Back pressure for thread pool task queue
mrjackbo opened this issue · 3 comments
Hi,
starting from the basic inference example, how would you advise to implement a simple back pressure mechanism? If I understand correctly, the task queue of the thread pool implementation that Tensorrt lab uses, does not have an upper size limit. Thus, if for example, my data ingest is much faster than inference, the program will eventually run out of memory, as the input tensors have to be captured by the lambdas in the task queue. It would be nice to have an optional behavior, where enqueue becomes blocking once the task queue reaches a certain size.
Great question.
The nvRPC examples, similar to TRTIS, have several limits on the depth of the work queues.
- the number of gRPC contexts registered with the executor only allow for XXX gRPC messages to be pullled off the wire
executor->RegisterContexts(rpcCompute, rpcResources, XXX);
- if you are using the c++ or the python tensorrt runtime,
InferRunner
, has limits of the queue depth enforced by theInferenceManager
. We provide a canonical example of what's happening in theInferRunner
which demonstrates where the a call to the runtime might block.

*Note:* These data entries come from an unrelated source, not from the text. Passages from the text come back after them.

// The kinds of gates.
ghost use Rattle.std.specs.Prelude.{◌≡◌};
ghost use Rattle.circuit.specs.Kinds.{takes};

#[derive(Clone, Copy, PartialEq, Eq, Debug)]
pub enum Kind {
    And,
    Or,
    Nand,
    Nor,
    Xor,
    Xnor,
    Not,
}

impl Kind {
    // Whether a gate of this kind takes so many operands.
    pub fn takes(self, count: usize) -> bool
        ensures { result ≡ takes self count }
    {
        match self {
            Kind::And | Kind::Or | Kind::Nand | Kind::Nor => count >= 2 && count <= 8,
            Kind::Xor | Kind::Xnor => count == 2,
            Kind::Not => count == 1,
        }
    }
}
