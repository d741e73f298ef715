//! Examples, computed with the definitions of the other crates: public functions that do nothing,
//! whose contracts are the examples. No crate depends on them.
#![tactic(auto)]

pub mod cache;
pub mod limits;
pub mod messages;
pub mod options;
pub mod routes;
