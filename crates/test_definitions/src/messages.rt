//! Messages, computed with the definitions of `coap_message`.
ghost use Rattle.std.specs.Prelude.{◌≡◌, ◌-◌, ◌^◌, [], ◌∷◌, None, Ok, Some, filter, replicate};
ghost use Rattle.std.specs.List.{range_with_len};
ghost use Rattle.coap_message.specs.declared.error.DecodeError.TheVariants.{Short, Version};
ghost use Rattle.coap_message.specs.declared.kind.Kind.TheVariants.{Ack, Rst};
ghost use Rattle.coap_message.specs.Codes.{code_of, is_request, is_response};
ghost use Rattle.coap_message.specs.Reading.{head_at, read_message};
ghost use Rattle.coap_message.specs.Spelling.{spelling};
ghost use Rattle.coap_message.specs.Uint.{uint_of, uint_spelling};
ghost use Rattle.test_definitions.specs.Messages as of;

use coap_message::Code;

/// The named codes, each by its class and detail (RFC 7252, 12.1).
pub fn named_codes()
    ensures empty { Code.EMPTY ≡ code_of 0 0 }
    ensures get { Code.GET ≡ code_of 0 1 }
    ensures post { Code.POST ≡ code_of 0 2 }
    ensures put { Code.PUT ≡ code_of 0 3 }
    ensures delete { Code.DELETE ≡ code_of 0 4 }
    ensures created { Code.CREATED ≡ code_of 2 1 }
    ensures deleted { Code.DELETED ≡ code_of 2 2 }
    ensures valid { Code.VALID ≡ code_of 2 3 }
    ensures changed { Code.CHANGED ≡ code_of 2 4 }
    ensures content { Code.CONTENT ≡ code_of 2 5 }
    ensures bad_request { Code.BAD_REQUEST ≡ code_of 4 0 }
    ensures bad_option { Code.BAD_OPTION ≡ code_of 4 2 }
    ensures not_found { Code.NOT_FOUND ≡ code_of 4 4 }
    ensures method_not_allowed { Code.METHOD_NOT_ALLOWED ≡ code_of 4 5 }
    ensures request_entity_too_large { Code.REQUEST_ENTITY_TOO_LARGE ≡ code_of 4 13 }
    ensures bad_gateway { Code.BAD_GATEWAY ≡ code_of 5 2 }
    ensures service_unavailable { Code.SERVICE_UNAVAILABLE ≡ code_of 5 3 }
    ensures gateway_timeout { Code.GATEWAY_TIMEOUT ≡ code_of 5 4 }
    ensures proxying_not_supported { Code.PROXYING_NOT_SUPPORTED ≡ code_of 5 5 }
{}

/// Methods are 0.01 to 0.31, response codes 2.00 to 5.31, and 0.00 is neither (RFC 7252, 3 and
/// 12.1).
pub fn requests_and_responses()
    ensures requests { filter (λ n. is_request (record { 0 = n })) (range_with_len 0 256)
        ≡ range_with_len 1 31 }
    ensures responses { filter (λ n. is_response (record { 0 = n })) (range_with_len 0 256)
        ≡ range_with_len 64 128 }
{}

/// Numbers as option values, computed with the definitions (RFC 7252, 3.2).
pub fn numbers()
    ensures no_bytes { uint_of [] ≡ 0 }
    ensures high_byte_first { uint_of (1 ∷ 44 ∷ []) ≡ 300 }
    ensures zeros_at_the_head { uint_of (0 ∷ 0 ∷ 1 ∷ 44 ∷ []) ≡ 300 }
    ensures zero { uint_spelling 0 ≡ [] }
    ensures one_byte { uint_spelling 255 ≡ 255 ∷ [] }
    ensures two_bytes { uint_spelling 300 ≡ 1 ∷ 44 ∷ [] }
    ensures least_of_two { uint_spelling 256 ≡ 1 ∷ 0 ∷ [] }
    ensures least_of_three { uint_spelling 65536 ≡ 1 ∷ 0 ∷ 0 ∷ [] }
    ensures greatest { uint_spelling (2 ^ 64 - 1) ≡ replicate 8 255 }
{}

/// The heads of datagrams, whether or not these are well-formed messages, computed with the
/// definitions.
pub fn heads()
    ensures malformed { head_at (0x70 ∷ 0x45 ∷ 1 ∷ 2 ∷ 0xFF ∷ []) ≡ Some (of.head Rst 0x45 258) }
    ensures version { head_at (0x30 ∷ 0x45 ∷ 1 ∷ 2 ∷ []) ≡ None }
    ensures short { head_at (0x70 ∷ 0x45 ∷ 1 ∷ []) ≡ None }
{}

/// The messages of the standard's own examples (RFC 7252, Appendix A), and Empty messages.
pub fn examples_of_the_standard()
    ensures asking_is_read { read_message of.asking_bytes ≡ Ok (of.asking 0x7D34 []) }
    ensures asking_is_spelled { spelling (of.asking 0x7D34 []) ≡ of.asking_bytes }
    ensures asking_by_token_is_read { read_message of.asking_by_token_bytes
        ≡ Ok (of.asking 0x7D35 (0x20 ∷ [])) }
    ensures asking_by_token_is_spelled { spelling (of.asking 0x7D35 (0x20 ∷ []))
        ≡ of.asking_by_token_bytes }
    ensures told_is_read { read_message of.told_bytes ≡ Ok (of.told 0x7D34 []) }
    ensures told_is_spelled { spelling (of.told 0x7D34 []) ≡ of.told_bytes }
    ensures told_by_token_is_read { read_message of.told_by_token_bytes
        ≡ Ok (of.told 0x7D35 (0x20 ∷ [])) }
    ensures told_by_token_is_spelled { spelling (of.told 0x7D35 (0x20 ∷ []))
        ≡ of.told_by_token_bytes }
    ensures acknowledgement_is_read { read_message (0x60 ∷ 0 ∷ 0x7D ∷ 0x34 ∷ [])
        ≡ Ok (of.empty Ack 0x7D34) }
    ensures acknowledgement_is_spelled { spelling (of.empty Ack 0x7D34)
        ≡ 0x60 ∷ 0 ∷ 0x7D ∷ 0x34 ∷ [] }
    ensures reset_is_read { read_message (0x70 ∷ 0 ∷ 0x7D ∷ 0x34 ∷ []) ≡ Ok (of.empty Rst 0x7D34) }
    ensures reset_is_spelled { spelling (of.empty Rst 0x7D34) ≡ 0x70 ∷ 0 ∷ 0x7D ∷ 0x34 ∷ [] }
{}

/// Further examples, computed with the definitions.
pub fn more_messages()
    ensures get_is_read { read_message of.get_bytes ≡ Ok of.get_message }
    ensures get_is_spelled { spelling of.get_message ≡ of.get_bytes }
    ensures content_is_read { read_message of.content_bytes ≡ Ok of.content_message }
    ensures content_is_spelled { spelling of.content_message ≡ of.content_bytes }
    ensures longest_token_is_read { read_message of.longest_token_bytes
        ≡ Ok of.longest_token_message }
    ensures longest_token_is_spelled { spelling of.longest_token_message ≡ of.longest_token_bytes }
    ensures last_option_is_read { read_message of.last_option_bytes ≡ Ok of.last_option_message }
    ensures last_option_is_spelled { spelling of.last_option_message ≡ of.last_option_bytes }
    ensures short { of.refused of.short_bytes Short }
    ensures version { of.refused of.old_bytes Version }
    ensures format { of.AllRefused of.malformed }
    ensures boundaries { of.Boundaries }
{}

auto buffers = GetResources()->GetBuffers();
- if you use the offload variant of the
Infer
method, then yes, you could get into a situation where your queue depth becomes unbounded and you run out of resources. - if you use the direct variant which operates on a
Bindings
object, then you've had to acquire aBindings
object, which similar to the canonical example means you've been limited by theInferenceManager
and the call may have blocked
- if you use the offload variant of the
Does this help?
The second part of your question on recognizing and reacting to queue depth.

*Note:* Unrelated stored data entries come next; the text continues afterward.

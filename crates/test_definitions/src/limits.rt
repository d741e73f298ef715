//! The ranges and the defaults of limits, computed with the definitions of `coap_limits`.
ghost use Rattle.std.specs.Prelude.{◌≡◌, None, Some};
ghost use Rattle.coap_limits.specs.declared.limits.Limit.{Limit};
ghost use Rattle.coap_limits.specs.Limits.{default_limits, first_fault, limits_per_client, range_of, without_client_limits};

/// The least and the greatest value of each limit.
pub fn ranges()
    ensures cache_bytes { range_of Limit.CacheBytes ≡ (0, 268435456) }
    ensures cache_entries { range_of Limit.CacheEntries ≡ (1, 65536) }
    ensures con_records { range_of Limit.ConRecords ≡ (1, 65536) }
    ensures non_records { range_of Limit.NonRecords ≡ (1, 65536) }
    ensures exchanges { range_of Limit.Exchanges ≡ (1, 4096) }
    ensures waiters { range_of Limit.Waiters ≡ (1, 16384) }
    ensures nstart { range_of Limit.Nstart ≡ (1, 16) }
    ensures datagram { range_of Limit.Datagram ≡ (128, 4096) }
    ensures exchange_ms { range_of Limit.ExchangeMs ≡ (1000, 600000) }
    ensures retry_s { range_of Limit.RetryS ≡ (0, 3600) }
    ensures client_con_records { range_of Limit.ClientConRecords ≡ (1, 65536) }
    ensures client_non_records { range_of Limit.ClientNonRecords ≡ (1, 65536) }
    ensures client_exchanges { range_of Limit.ClientExchanges ≡ (1, 4096) }
    ensures client_waiters { range_of Limit.ClientWaiters ≡ (1, 16384) }
{}

/// The limits of a proxy that isn't configured otherwise.
pub fn defaults()
    ensures cache_bytes { default_limits.cache_bytes ≡ 262144 }
    ensures cache_entries { default_limits.cache_entries ≡ 1024 }
    ensures con_records { default_limits.con_records ≡ 4096 }
    ensures non_records { default_limits.non_records ≡ 4096 }
    ensures exchanges { default_limits.exchanges ≡ 256 }
    ensures waiters { default_limits.waiters ≡ 1024 }
    ensures nstart { default_limits.nstart ≡ 1 }
    ensures datagram { default_limits.datagram ≡ 1500 }
    ensures exchange_ms { default_limits.exchange_ms ≡ 93000 }
    ensures retry_s { default_limits.retry_s ≡ 5 }
    ensures within { first_fault default_limits ≡ None }
{}

/// The limits for one client: none of its own, unless they are configured.
pub fn limits_of_clients()
    ensures none { without_client_limits default_limits ≡ default_limits }
    ensures con_records { limits_per_client.client_con_records ≡ 256 }
    ensures non_records { limits_per_client.client_non_records ≡ 256 }
    ensures exchanges { limits_per_client.client_exchanges ≡ 16 }
    ensures waiters { limits_per_client.client_waiters ≡ 64 }
    ensures others { without_client_limits limits_per_client ≡ default_limits }
    ensures within { first_fault limits_per_client ≡ None }
    ensures as_shared { without_client_limits
        (record default_limits { con_records = 1; non_records = 2; exchanges = 3; waiters = 4 })
        ≡ record default_limits {
          con_records = 1;
          non_records = 2;
          exchanges = 3;
          waiters = 4;
          client_con_records = 1;
          client_non_records = 2;
          client_exchanges = 3;
          client_waiters = 4;
        } }
{}

/// A value above or below its range is at fault; of several, the first one is reported.
pub fn faults()
    ensures greatest { first_fault (record default_limits { waiters = 16384 }) ≡ None }
    ensures too_great { first_fault (record default_limits { waiters = 16385 })
        ≡ Some Limit.Waiters }
    ensures least { first_fault (record default_limits { datagram = 128 }) ≡ None }
    ensures too_small { first_fault (record default_limits { datagram = 127 })
        ≡ Some Limit.Datagram }
    ensures first { first_fault (record default_limits { retry_s = 3601; cache_entries = 0 })
        ≡ Some Limit.CacheEntries }
    ensures shared_first { first_fault
        (record default_limits { retry_s = 3601; client_con_records = 0 })
        ≡ Some Limit.RetryS }
    ensures last_but_one { first_fault
        (record default_limits { client_exchanges = 4097; client_waiters = 0 })
        ≡ Some Limit.ClientExchanges }
    ensures last { first_fault (record default_limits { client_waiters = 16385 })
        ≡ Some Limit.ClientWaiters }
    ensures above_the_shared_one { first_fault
        (record default_limits { exchanges = 1; client_exchanges = 4096 })
        ≡ None }
{}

Both TRTIS and the some of the TRTLAB examples expose Prometheus metrics. The load ratio = request_time / compute_time
is a nice way to gauge queue depth. If you just measure queue depth, that doesn't help you distinguish the type of model in the queue. A large queue depth of models that don't take long to compute means something different than a queue depth of a model that takes a long time to compute. Load Ratio help normalize that with respect to the time the model takes to compute. You can use the load ratio and gpu energy consumption metrics to trigger horizontal auto scaling. Follow Issue #20 to track progress on this.
One thing we don't do in either the LAB or TRTIS is check the gRPC deadline. We should do this. This is one reactive way we can deal with queue depth is to simply start canceling requests on the server side. If you control the client, then this is a good feedback mechanism that you need to grow the number of workers. Follow Issue #21 to track progress.
Thanks! Yes, that helps a lot. I will use a fixed size ressource pool of buffers, into which my IO threads write the input blobs.
Let me know if you run into any problems or if we can improve the experience in any way.